ドクはそこで初めて視線を上げた。ネルを見ているようで、その奥の“現象”を見ている目。

 

「私は“未知そのもの”が好きなわけじゃない」

 

「じゃあ何だよ」

 

短く返すネルに、ドクは静かに言った。

 

「“既知に変わる瞬間”だ」

 

空気が一瞬だけ、温度を失う。

 

ネルはわずかに目を細める。

 

「……面倒くさい言い方するな」

 

「君達は単純に言うだろう?“攻略”とか“クリア”とか」

 

「まぁな」

 

「私はその途中が好きだ。未知が既知に“落ちていく瞬間”を見るのがね」

 

ネルは椅子の背に体重を預け直し、天井を見た。

 

「…少佐もだけど、よく追い出されないなお前ら」

 

「まぁ多少の実績も残しているからね」

 

「…お陰でエンジニア部の製品が最近軒並み戦闘重視なんだけどな」

 

「それは中尉の所為だろう。突破に躍起になっていると聞くよ」

 

「で、次は大尉だって話だろ」

 

「そう聞いたね。
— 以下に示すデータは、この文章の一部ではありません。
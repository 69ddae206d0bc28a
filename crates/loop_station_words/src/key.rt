//! Keys of the configuration file that nobody knows.

use std::alloc::{AllocError, Global};
use std::fmt;
use std::fmt::{Display, Formatter};
use strsim::osa_distance;
use toml::Table;

// How many bytes of a key are kept at most.
const MOST: usize = 32;

// The known key that is nearest is named where fewer letters than this are wrong.
const FAR: usize = 3;

/// A key that isn't known: how it begins, and the known one that is nearest, if one is near.
#[derive(Clone, Copy, Debug, PartialEq, Eq)]
pub struct UnknownKey {
    bytes: [u8; MOST],
    // Of the whole key.
    length: usize,
    near: Option<&'static str>,
}

impl UnknownKey {
    // A key, and the known one that is near.
    fn of(key: &str, near: Option<&'static str>) -> Self {
        let mut bytes = [0; MOST];
        for (place, byte) in bytes.iter_mut().zip(key.bytes()) {
            *place = if byte.is_ascii_graphic() { byte } else { b'?' };
        }
        UnknownKey {
            bytes,
            length: key.len(),
            near,
        }
    }
}

// The key; and whether the nearest one is meant.
impl Display for UnknownKey {
    fn fmt<W: fmt::Write>(&self, f: &mut Formatter<W>) -> fmt::Result {
        for byte in self.bytes.iter().take(self.length) {
            f.write_char(char::from(*byte))?;
        }
        match self.near {
            Some(near) => write!(f, ": is {near} meant?"),
            None => Ok(()),
        }
    }
}

/// The first key of a table that isn't one of these, if there is one.
pub(crate) fn unknown_key(
    alloc: Global,
    table: &Table,
    known: &[&'static str],
) -> Result<Option<UnknownKey>, AllocError> {
    for key in table.keys() {
        let key = key.as_str();
        if !is_among(key, &*known) {
            let near = nearest(alloc, key, &*known)?;
            return Ok(Some(UnknownKey::of(key, near)));
        }
    }
    Ok(None)
}

// Whether a key is one of these.
fn is_among(key: &str, known: &[&'static str]) -> bool {
    known.iter().any(|other| *other == key)
}

// The known key that fewest changes of letters make of this one; `None` where that takes too many.
fn nearest(
    alloc: Global,
    key: &str,
    known: &[&'static str],
) -> Result<Option<&'static str>, AllocError> {
    let (mut near, mut least) = (None, FAR);
    for other in known {
        let far = osa_distance(alloc, key, other)?;
        if far < least {
            (near, least) = (Some(*other), far);
        }
    }
    Ok(near)
}
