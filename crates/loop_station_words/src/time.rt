// Dates with their times of day, as texts: ISO 8601.
ghost use Rattle.std.specs.Prelude.{◌≡◌, ◌<◌, ◌≤◌, ◌-◌, ◌^◌};
ghost use Rattle.loop_station_words.specs.Times.{below, clock_said, day_of, day_said, decimals_said, east, micros_of_second, minutes_of, offset_said, seconds_said, sized, sum_of, time_said, west, zoned};

use crate::calendar::{days_before, days_before_month, month_length};
use crate::cut::cut;
use loop_script::small_number;

// The microseconds of a day.
const DAY: u64 = 86_400_000_000;

/// The time in microseconds since 1970 that a text says, such as `2026-11-22T15:38:00Z`. The second may have up to six
/// decimals, and the zone is `Z` or an offset such as `+01:00`. `None` where it says none, or a time before 1970.
pub fn read_time(text: &str) -> Option<u64>
    ensures { result ≡ time_said text.now }
{
    match cut(text, 'T') {
        None => None,
        Some((date, clock)) => read_zoned(read_day(date), clock),
    }
}

// The time of a day and of the text after the `T`: a time of day, and a zone.
#[tactic(auto, unfolding(crate::specs::Times::zoned))]
fn read_zoned(day: Option<u64>, text: &str) -> Option<u64>
    requires { below 3652059 day }
    ensures { result ≡ zoned day text.now }
{
    if let Some((clock, rest)) = cut(text, 'Z') {
        return if rest.is_empty() {
            east(day, read_clock(clock), Some(0))
        } else {
            None
        };
    }
    if let Some((clock, offset)) = cut(text, '+') {
        return east(day, read_clock(clock), read_offset(offset));
    }
    match cut(text, '-') {
        None => None,
        Some((clock, offset)) => west(day, read_clock(clock), read_offset(offset)),
    }
}

// The time of a day and a time of day where clocks are so much ahead of UTC.
fn east(day: Option<u64>, clock: Option<u64>, offset: Option<u64>) -> Option<u64>
    requires day { below 3652059 day }
    requires clock { below (2 ^ 54) clock }
    ensures { result ≡ east day clock offset }
{
    (day? * DAY + clock?).checked_sub(offset?)
}

// The time of a day and a time of day where clocks are so much behind UTC.
fn west(day: Option<u64>, clock: Option<u64>, offset: Option<u64>) -> Option<u64>
    requires day { below 3652059 day }
    requires clock { below (2 ^ 54) clock }
    requires offset { below 86400000000 offset }
    ensures { result ≡ west day clock offset }
{
    Some(day? * DAY + clock? + offset?)
}

// The number of the day that `YYYY-MM-DD` names, counted from the first day of 1970.
#[tactic(auto, unfolding(crate::specs::Times::day_said))]
fn read_day(text: &str) -> Option<u64>
    ensures day { result ≡ day_said text.now }
    ensures few { below 3652059 result }
{
    match cut(text, '-') {
        None => None,
        Some((year, rest)) => match cut(rest, '-') {
            None => None,
            Some((month, day)) => day_of(sized(year, 4), sized(month, 2), sized(day, 2)),
        },
    }
}

// The number of a day, counted in the same way.
fn day_of(year: Option<u32>, month: Option<u32>, day: Option<u32>) -> Option<u64>
    ensures day { result ≡ day_of year month day }
    ensures few { below 3652059 result }
{
    let (year, month, day) = (u64::from(year?), u64::from(month?), u64::from(day?));
    if year < 1970
        || year > 9999
        || month < 1
        || month > 12
        || day < 1
        || day > month_length(year, month - 1)
    {
        return None;
    }
    Some(days_before(year) + days_before_month(year, month - 1) + (day - 1))
}

// The microseconds of a time of day, `HH:MM:SS` or with decimals.
#[tactic(auto, unfolding(crate::specs::Times::clock_said))]
fn read_clock(text: &str) -> Option<u64>
    ensures clock { result ≡ clock_said text.now }
    ensures few { below (2 ^ 54) result }
{
    match cut(text, ':') {
        None => None,
        Some((hour, rest)) => match cut(rest, ':') {
            None => None,
            Some((minute, seconds)) => sum_of(
                minutes_of(sized(hour, 2), sized(minute, 2)),
                read_seconds(seconds),
            ),
        },
    }
}

// The sum of both.
fn sum_of(minutes: Option<u64>, seconds: Option<u64>) -> Option<u64>
    requires minutes { below 86340000001 minutes }
    requires seconds { below (2 ^ 53) seconds }
    ensures sum { result ≡ sum_of minutes seconds }
    ensures few { below (2 ^ 54) result }
{
    Some(minutes? + seconds?)
}

// The microseconds of `HH:MM`.
#[tactic(auto, unfolding(crate::specs::Times::offset_said))]
fn read_offset(text: &str) -> Option<u64>
    ensures offset { result ≡ offset_said text.now }
    ensures few { below 86400000000 result }
{
    match cut(text, ':') {
        None => None,
        Some((hour, minute)) => minutes_of(sized(hour, 2), sized(minute, 2)),
    }
}

// The microseconds of hours and minutes.
fn minutes_of(hour: Option<u32>, minute: Option<u32>) -> Option<u64>
    ensures minutes { result ≡ minutes_of hour minute }
    ensures few { below 86340000001 result }
{
    let (hour, minute) = (u64::from(hour?), u64::from(minute?));
    if hour >= 24 || minute >= 60 {
        return None;
    }
    Some((hour * 60 + minute) * 60_000_000)
}

// The microseconds of `SS`, or of `SS.` with decimals.
#[tactic(auto, unfolding(crate::specs::Times::seconds_said))]
fn read_seconds(text: &str) -> Option<u64>
    ensures seconds { result ≡ seconds_said text.now }
    ensures few { below (2 ^ 53) result }
{
    match cut(text, '.') {
        None => micros_of_second(sized(text, 2), Some(0)),
        Some((seconds, decimals)) => micros_of_second(sized(seconds, 2), read_decimals(decimals)),
    }
}

// The microseconds of whole seconds and a part.
fn micros_of_second(seconds: Option<u32>, part: Option<u64>) -> Option<u64>
    requires { below (2 ^ 52) part }
    ensures seconds { result ≡ micros_of_second seconds part }
    ensures few { below (2 ^ 53) result }
{
    let (seconds, part) = (u64::from(seconds?), part?);
    if seconds >= 60 {
        return None;
    }
    Some(seconds * 1_000_000 + part)
}

// The microseconds that 1 to 6 decimals of a second are.
#[tactic(auto, unfolding(crate::specs::Times::decimals_said))]
fn read_decimals(text: &str) -> Option<u64>
    ensures decimals { result ≡ decimals_said text.now }
    ensures few { below (2 ^ 52) result }
{
    if text.len() > 6 {
        return None;
    }
    Some(u64::from(small_number(text)?) * unit(text.len()))
}

// The microseconds of a unit in the last of so many decimals.
fn unit(decimals: usize) -> u64
    requires { decimals ≤ 6 }
    ensures unit { result ≡ 10 ^ (6 - decimals) }
    ensures few { result ≤ 1000000 }
{
    match decimals {
        0 => 1_000_000,
        1 => 100_000,
        2 => 10_000,
        3 => 1_000,
        4 => 100,
        5 => 10,
        _ => 1,
    }
}

// The number that exactly so many digits write.
#[tactic(auto, unfolding(crate::specs::Times::sized))]
fn sized(word: &str, count: usize) -> Option<u32>
    ensures number { result ≡ sized count word.now }
{
    if word.len() != count {
        return None;
    }
    small_number(word)
}
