//! The lines that are printed, as text and as JSON. docs/station.md says what each is. Here are the answers to orders;
//! `told` has what happens without one, `reloaded` a configuration that is read anew, and `listed` what a store holds.

mod listed;
mod reloaded;
mod told;

use crate::answers::{CameraStatus, StoresStatus, print_head};
use crate::choices::WhenFull;
use crate::part::Part::{Ahead, Count, Lasting, Maybe, Number, Seconds, Text, Time, Words};
use crate::part::{Part, UtcTime, json_line, text_line};
use json::Writer;
use listed::camera_json;
use loop_script::Listing;
use loop_store::{Clip, StoreFault};
use std::alloc::{Allocator, Global};
use std::fmt::Display;
use std::io;
use std::io::Write;

// How many bytes of a line that is no order are printed at most.
const MOST_OF_LINE: usize = 200;

// The orders, as `help` lists them.
const ORDERS: [&str; 14] = [
    "keep [CAMERA] [SECONDS] [+AFTER] [TAG]",
    "keep [CAMERA] from T to T [TAG]",
    "release CAMERA ID [FIRST]",
    "list",
    "save CAMERA ID OUT",
    "save! CAMERA ID OUT",
    "save CAMERA #TAG OUT",
    "save! CAMERA #TAG OUT",
    "cancel CAMERA ID",
    "status",
    "reload",
    "help",
    "stop",
    "@LABEL ORDER",
];

/// Lines, each as text and, where that is wanted, as a JSON object without its opening brace, so that a head may still
/// come before it. Each method adds a line, or nothing where memory is refused.
///
/// The object has `kind`, the name of the method, and the members that the method names, in that order. A time is a
/// text such as `2026-11-22T15:38:00.123Z`, in UTC; a duration is a number of microseconds, and its key ends in
/// `micros`.
#[derive(Drop)]
pub struct Lines {
    alloc: Global,
    text: Vec<u8>,
    json: Vec<u8>,
    // The lines are wanted as JSON too.
    with_json: bool,
}

// The tag of an event's clip that is told: not where the clip has none, or the event's number.
fn tag_told(clip: &Clip, event: u64) -> Option<u64> {
    if clip.tag == 0 || clip.tag == event {
        None
    } else {
        Some(clip.tag)
    }
}
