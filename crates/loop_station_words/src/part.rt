// The parts of a line that is printed: its words, and its values with their keys.
ghost use Rattle.std.specs.Prelude.{◌≡◌, ◌∷◌, ◌++◌, [], List, OnOk, codes};
ghost use Rattle.json.specs.Token.{Token, end_object, key, string};
ghost use Rattle.loop_station_words.specs.Parts.{AreMembers, IsMember};

use crate::calendar::civil_time_of;
use json::Writer;
use std::alloc::{AllocError, Global};
use std::fmt::{Display, Formatter};
use std::io::Write;
use std::{fmt, io};

/// A part of a line. As text a line has all its parts, one right after the other; as JSON it has the values alone, each
/// at its key.
#[derive(Clone, Copy)]
pub(crate) enum Part<'a> {
    /// Words, which only the text has.
    Words(&'a str),
    /// A key, and a text.
    Text(&'a str, &'a str),
    /// A key, and a number.
    Number(&'a str, u64),
    /// A key, and the number there, if there is one. As text these words stand before it.
    Maybe(&'a str, &'a str, Option<u64>),
    /// A key, and a number. As text these words stand before it, where it isn't 0, and else it is left out.
    Count(&'a str, &'a str, u64),
    /// A key, and a time in microseconds since 1970. It is printed as `2026-11-22T15:38:00.123Z`.
    Time(&'a str, u64),
    /// A key, and a duration in microseconds. As text it has seconds with one decimal.
    Seconds(&'a str, u64),
    /// A key, and a duration in microseconds. As text it has whole milliseconds.
    Millis(&'a str, u64),
    /// A key, and a duration in microseconds. As text it has hours and minutes.
    Lasting(&'a str, u64),
    /// A key, and how many microseconds something is ahead, if that is known. As text it has these words before it, a
    /// sign, and seconds with one decimal.
    Ahead(&'a str, &'a str, Option<i64>),
}

impl Part<'_> {
    // Prints the part as text.
    fn print_text<W: Write>(&self, out: &mut W) -> io::Result<()> {
        match *self {
            Part::Words(text) | Part::Text(_, text) => out.write_all(text.as_bytes()),
            Part::Number(_, number) => write!(out, "{number}"),
            Part::Maybe(_, _, None) => Ok(()),
            Part::Count(_, _, 0) => Ok(()),
            Part::Maybe(words, _, Some(number)) | Part::Count(words, _, number) => {
                write!(out, "{words}{number}")
            }
            Part::Time(_, micros) => write!(out, "{}", UtcTime(micros)),
            Part::Seconds(_, micros) => write!(out, "{}", Seconds(micros)),
            Part::Millis(_, micros) => write!(out, "{}", micros / 1_000),
            Part::Lasting(_, micros) => write!(out, "{}", Lasting(micros)),
            Part::Ahead(_, _, None) => Ok(()),
            Part::Ahead(words, _, Some(micros)) => write!(out, "{words}{} s", Ahead(micros)),
        }
    }

    // Writes the part as a member of a JSON object, unless it is words alone.
    fn write_json(&self, alloc: Global, out: &mut Writer) -> Result<(), AllocError>
        ensures { OnOk result ((tokens : List Token) × IsMember self.now tokens
            × (out.new.tokens ≡ out.old.tokens ++ tokens)) }
    {
        match *self {
            Part::Words(_) | Part::Maybe(_, _, None) | Part::Ahead(_, _, None) => Ok(()),
            Part::Text(key, text) => {
                out.key(key)?;
                out.string(text)
            }
            Part::Number(key, number)
            | Part::Maybe(_, key, Some(number))
            | Part::Count(_, key, number)
            | Part::Seconds(key, number)
            | Part::Millis(key, number)
            | Part::Lasting(key, number) => {
                out.key(key)?;
                out.u64(number)
            }
            Part::Ahead(_, key, Some(micros)) => {
                out.key(key)?;
                out.i64(micros)
            }
            Part::Time(key, micros) => {
                let time = UtcTime(micros).to_string(alloc)?;
                out.key(key)?;
                out.string(time.as_str())
            }
        }
    }
}

/// The text of a line, with its end.
pub(crate) fn text_line(alloc: Global, parts: &[Part<'_>]) -> io::Result<Vec<u8>> {
    let mut line = Vec::new(alloc);
    for part in parts {
        part.print_text(&mut line)?;
    }
    line.push(b'\n')?;
    Ok(line)
}

/// A line as a JSON object of a kind, without its opening brace, and with the line's end.
pub(crate) fn json_line(
    alloc: Global,
    kind: &str,
    parts: &[Part<'_>],
) -> Result<Vec<u8>, AllocError> {
    let mut out = Writer::new(Vec::new(alloc));
    out.key("kind")?;
    out.string(kind)?;
    for part in parts {
        part.write_json(alloc, &mut out)?;
    }
    ended(out)
}

/// The end of a line's object, and of the line.
pub(crate) fn ended(out: Writer) -> Result<Vec<u8>, AllocError> {
    let mut out = out;
    out.end_object()?;
    let mut line = out.into_inner();
    line.push(b'\n')?;
    Ok(line)
}

/// A time in microseconds since 1970, printed in UTC as `2026-11-22T15:38:00.123Z`.
#[derive(Clone, Copy)]
pub(crate) struct UtcTime(pub u64);

impl Display for UtcTime {
    fn fmt<W: fmt::Write>(&self, f: &mut Formatter<W>) -> fmt::Result {
        let at = civil_time_of(self.0);
        let (year, month, day) = (at.year, at.month, at.day);
        let (hour, minute, second) = (at.hour, at.minute, at.second);
        let milli = at.micro / 1_000;
        write!(
            f,
            "{year:04}-{month:02}-{day:02}T{hour:02}:{minute:02}:{second:02}.{milli:03}Z"
        )
    }
}

// Microseconds, printed as hours and minutes; less than a minute as seconds with one decimal.
#[derive(Clone, Copy)]
struct Lasting(u64);

impl Display for Lasting {
    fn fmt<W: fmt::Write>(&self, f: &mut Formatter<W>) -> fmt::Result {
        let minutes = self.0 / 60_000_000;
        if minutes == 0 {
            return write!(f, "{} s", Seconds(self.0));
        }
        let (hours, rest) = (minutes / 60, minutes % 60);
        if hours == 0 {
            return write!(f, "{rest} min");
        }
        write!(f, "{hours} h {rest} min")
    }
}

// Microseconds, printed as seconds with one decimal.
#[derive(Clone, Copy)]
struct Seconds(u64);

impl Display for Seconds {
    fn fmt<W: fmt::Write>(&self, f: &mut Formatter<W>) -> fmt::Result {
        let tenths = self.0 / 100_000;
        write!(f, "{}.{}", tenths / 10, tenths % 10)
    }
}

// Microseconds that something is ahead, printed as seconds with a sign and one decimal.
#[derive(Clone, Copy)]
struct Ahead(i64);

impl Display for Ahead {
    fn fmt<W: fmt::Write>(&self, f: &mut Formatter<W>) -> fmt::Result {
        let micros = self.0.unsigned_abs();
        let sign = if self.0 < 0 && micros >= 100_000 {
            '-'
        } else {
            '+'
        };
        write!(f, "{sign}{}", Seconds(micros))
    }
}
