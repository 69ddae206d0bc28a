// Texts that are cut at a character.
ghost use Rattle.std.specs.Prelude.{◌≡◌, ◌<◌, option_map};
ghost use Rattle.loop_station_words.specs.Cuts.{cut};

/// The text before and after the first such character; `None` where there is none.
pub(crate) fn cut<'a>(text: &'a str, at: char) -> Option<(&'a str, &'a str)>
    requires { at < 128 }
    ensures { cut at text.now ≡ option_map (λ parts. (parts.0.now, parts.1.now)) result }
{
    text.split_once(at)
}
ああ、そうだネル君」

 

「何だよ、もう帰るぞ」

 

ネルは立ち上がる。

 

「今回の結果は後日モモトークで送ろうか?それとも部室に郵送しようか?」

 

「急に医者に戻んじゃねえ!」

 

 

「ま、いいや。アンタ等が何かやったらぶん殴ればいいんだからな」

 

「やれ、それは困る。前にやられた傷がまだ痛むんだ」

 

「年寄みたいなこと言うな」

 

ネルが去っていったドアを眺め、採血管の中で満ちていく赤を愛おしそうに眺める。

 

机の中からファイルを取り出す。

C&C用のファイルだ。

前回と変わったことが無いか、これから徹底的に洗い出す。